* [TASK REQUIREMENTS]: Find the lines in the records below that contain "Shows", and report each of them.

* [RECORDS TO USE]:
☆ ☆ ☆ ☆ ☆

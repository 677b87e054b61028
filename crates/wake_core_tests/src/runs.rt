// Worked runs.
ghost use Rattle.std.specs.Prelude.{◌≡◌, ◌∷◌, [], true, IfOk, IfErr};
ghost use Rattle.cy_msg.specs.declared.token.Tuple.TheVariants.{One};
ghost use Rattle.wake_core.specs.declared.error.CoreError.TheVariants as CoreError;
ghost use Rattle.cy_comp.specs.declared.state.State.TheVariants.{DataWait, Finished};
ghost use Rattle.wake_core.specs.WorldOf.{plain_of};
ghost use Rattle.wake_core_tests.specs.Groups.{Shows};
ghost use Rattle.wake_core_tests.specs.Runs.{message, called_once, parked_too_late, four_came};
ghost use Rattle.wake_core_tests.specs.Runs.{parked_once, stopped_once, HadCalls};

use crate::groups::{call, give_back, play, take, take_woken, tell, turn};
use crate::wired::{passing, stopping, summing};
use cy_comp::State;
use cy_msg::Token;
use std::alloc::Global;
use std::test::Fail;
use wake_core::{CoreError, World};

// The messages of /a, at times 1, 2 and so on.
const FIRST: Token = Token {
    channel: 0,
    seq: 1,
    time: 1,
    whole: None,
    origin: None,
};

const SECOND: Token = Token {
    channel: 0,
    seq: 2,
    time: 2,
    whole: None,
    origin: None,
};

const THIRD: Token = Token {
    channel: 0,
    seq: 3,
    time: 3,
    whole: None,
    origin: None,
};

const FOURTH: Token = Token {
    channel: 0,
    seq: 4,
    time: 4,
    whole: None,
    origin: None,
};

// The first and the fourth of them, passed on as the first of /o.
const FIRST_PASSED: Token = Token {
    channel: 1,
    seq: 1,
    time: 1,
    whole: None,
    origin: None,
};

const FOURTH_PASSED: Token = Token {
    channel: 1,
    seq: 1,
    time: 4,
    whole: None,
    origin: None,
};

// A message was played and passed on, and the component was taken again.
fn call_once(alloc: Global) -> Result<World, CoreError>
    ensures shown { IfOk result (Shows called_once) }
    ensures memory { IfErr result (λ e. e ≡ CoreError.Memory) }
{
    let mut world = passing(alloc, 1, 2)?;
    play(&mut world, FIRST);
    turn(&mut world, FIRST_PASSED);
    take(&mut world);
    Ok(world)
}

// The component asks and finds nothing; a message comes, and only then is it parked.
fn park_too_late(world: &mut World)
    requires { Shows called_once world.old }
    ensures { Shows parked_too_late world.new }
{
    call(world);
    tell(world, SECOND);
    give_back(world, State::DataWait);
}

// A message that comes between the fetch and the parking isn't lost: the component's flag is found
// clear, and it is called on the message.
fn park_race(alloc: Global) -> Result<World, CoreError>
    ensures called { IfOk result (λ w. HadCalls ((1, 1, One (message 1))
        ∷ (2, 2, One (message 2)) ∷ []) 3 (plain_of w)) }
    ensures memory { IfErr result (λ e. e ≡ CoreError.Memory) }
{
    let mut world = call_once(alloc)?;
    park_too_late(&mut world);
    take_woken(&mut world);
    call(&mut world);
    Ok(world)
}

// A message that comes while the component is READY needs no wake: the fetch that follows finds
// it.
fn fetch_without_wake(alloc: Global) -> Result<World, CoreError>
    ensures called { IfOk result (λ w. HadCalls ((1, 1, One (message 1))
        ∷ (2, 2, One (message 2)) ∷ []) 3 (plain_of w)) }
    ensures memory { IfErr result (λ e. e ≡ CoreError.Memory) }
{
    let mut world = call_once(alloc)?;
    play(&mut world, SECOND);
    call(&mut world);
    Ok(world)
}

// Four messages come before the component is resumed.
fn play_four(alloc: Global) -> Result<World, CoreError>
    ensures shown { IfOk result (Shows four_came) }
    ensures memory { IfErr result (λ e. e ≡ CoreError.Memory) }
{
    let mut world = passing(alloc, 4, 4)?;
    play(&mut world, FIRST);
    play(&mut world, SECOND);
    play(&mut world, THIRD);
    play(&mut world, FOURTH);
    Ok(world)
}

// Of four messages that come before the first resume the component is called on the newest, and
// its next fetch begins behind it.
fn four_before_the_first_resume(alloc: Global) -> Result<World, CoreError>
    ensures called { IfOk result (λ w. HadCalls ((4, 4, One (message 4)) ∷ []) 5 (plain_of w)) }
    ensures closing { IfOk result (λ w. (plain_of w).closing ≡ true) }
    ensures memory { IfErr result (λ e. e ≡ CoreError.Memory) }
{
    let mut world = play_four(alloc)?;
    turn(&mut world, FOURTH_PASSED);
    world.close(0);
    Ok(world)
}

// A message comes to the first of two readers: the component finds nothing and is parked.
fn park_once(alloc: Global) -> Result<World, CoreError>
    ensures shown { IfOk result (Shows parked_once) }
    ensures memory { IfErr result (λ e. e ≡ CoreError.Memory) }
{
    let mut world = summing(alloc)?;
    play(&mut world, FIRST);
    take(&mut world);
    call(&mut world);
    give_back(&mut world, State::DataWait);
    Ok(world)
}

// Where nothing comes to the second reader nothing is fused: each message wakes the component,
// which finds nothing and parks.
fn sum_never_fuses(alloc: Global) -> Result<World, CoreError>
    ensures called { IfOk result (λ w. HadCalls [] 0 (plain_of w)) }
    ensures parked { IfOk result (λ w. (plain_of w).states 0 ≡ DataWait) }
    ensures memory { IfErr result (λ e. e ≡ CoreError.Memory) }
{
    let mut world = park_once(alloc)?;
    tell(&mut world, SECOND);
    take_woken(&mut world);
    call(&mut world);
    give_back(&mut world, State::DataWait);
    Ok(world)
}

// The component is called on a message and stopped, and then another message comes.
fn stop_once(alloc: Global) -> Result<World, CoreError>
    ensures shown { IfOk result (Shows stopped_once) }
    ensures memory { IfErr result (λ e. e ≡ CoreError.Memory) }
{
    let mut world = stopping(alloc)?;
    play(&mut world, FIRST);
    turn(&mut world, FIRST_PASSED);
    world.stop(0);
    play(&mut world, SECOND);
    Ok(world)
}

// Where it is resumed next it hears of the stop, and ends without a call.
fn end_stopped(alloc: Global) -> Result<World, CoreError>
    ensures called { IfOk result (λ w. HadCalls ((1, 1, One (message 1)) ∷ []) 2 (plain_of w)) }
    ensures ended { IfOk result (λ w. (plain_of w).states 0 ≡ Finished) }
    ensures memory { IfErr result (λ e. e ≡ CoreError.Memory) }
{
    let mut world = stop_once(alloc)?;
    take(&mut world);
    world.check(1);
    give_back(&mut world, State::Finished);
    Ok(world)
}

#[test]
fn wakes_a_component_that_parks_while_a_message_comes(rt: HostRuntime) -> Result<(), Fail> {
    park_race(rt.alloc())?;
    Ok(())
}

#[test]
fn fetches_what_came_without_being_woken(rt: HostRuntime) -> Result<(), Fail> {
    fetch_without_wake(rt.alloc())?;
    Ok(())
}

#[test]
fn skips_to_the_newest_of_four(rt: HostRuntime) -> Result<(), Fail> {
    four_before_the_first_resume(rt.alloc())?;
    Ok(())
}

#[test]
fn wakes_and_parks_where_nothing_is_joined(rt: HostRuntime) -> Result<(), Fail> {
    sum_never_fuses(rt.alloc())?;
    Ok(())
}

#[test]
fn ends_a_stopped_component_without_a_call(rt: HostRuntime) -> Result<(), Fail> {
    end_stopped(rt.alloc())?;
    Ok(())
}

☆ ☆ ☆ ☆ ☆

* [EXERCISE ANSWER]:
ghost use Rattle.wake_core_tests.specs.Groups.{Shows};
    ensures shown { IfOk result (Shows called_once) }
    requires { Shows called_once world.old }
    ensures { Shows parked_too_late world.new }
    ensures shown { IfOk result (Shows four_came) }
    ensures shown { IfOk result (Shows parked_once) }
    ensures shown { IfOk result (Shows stopped_once) }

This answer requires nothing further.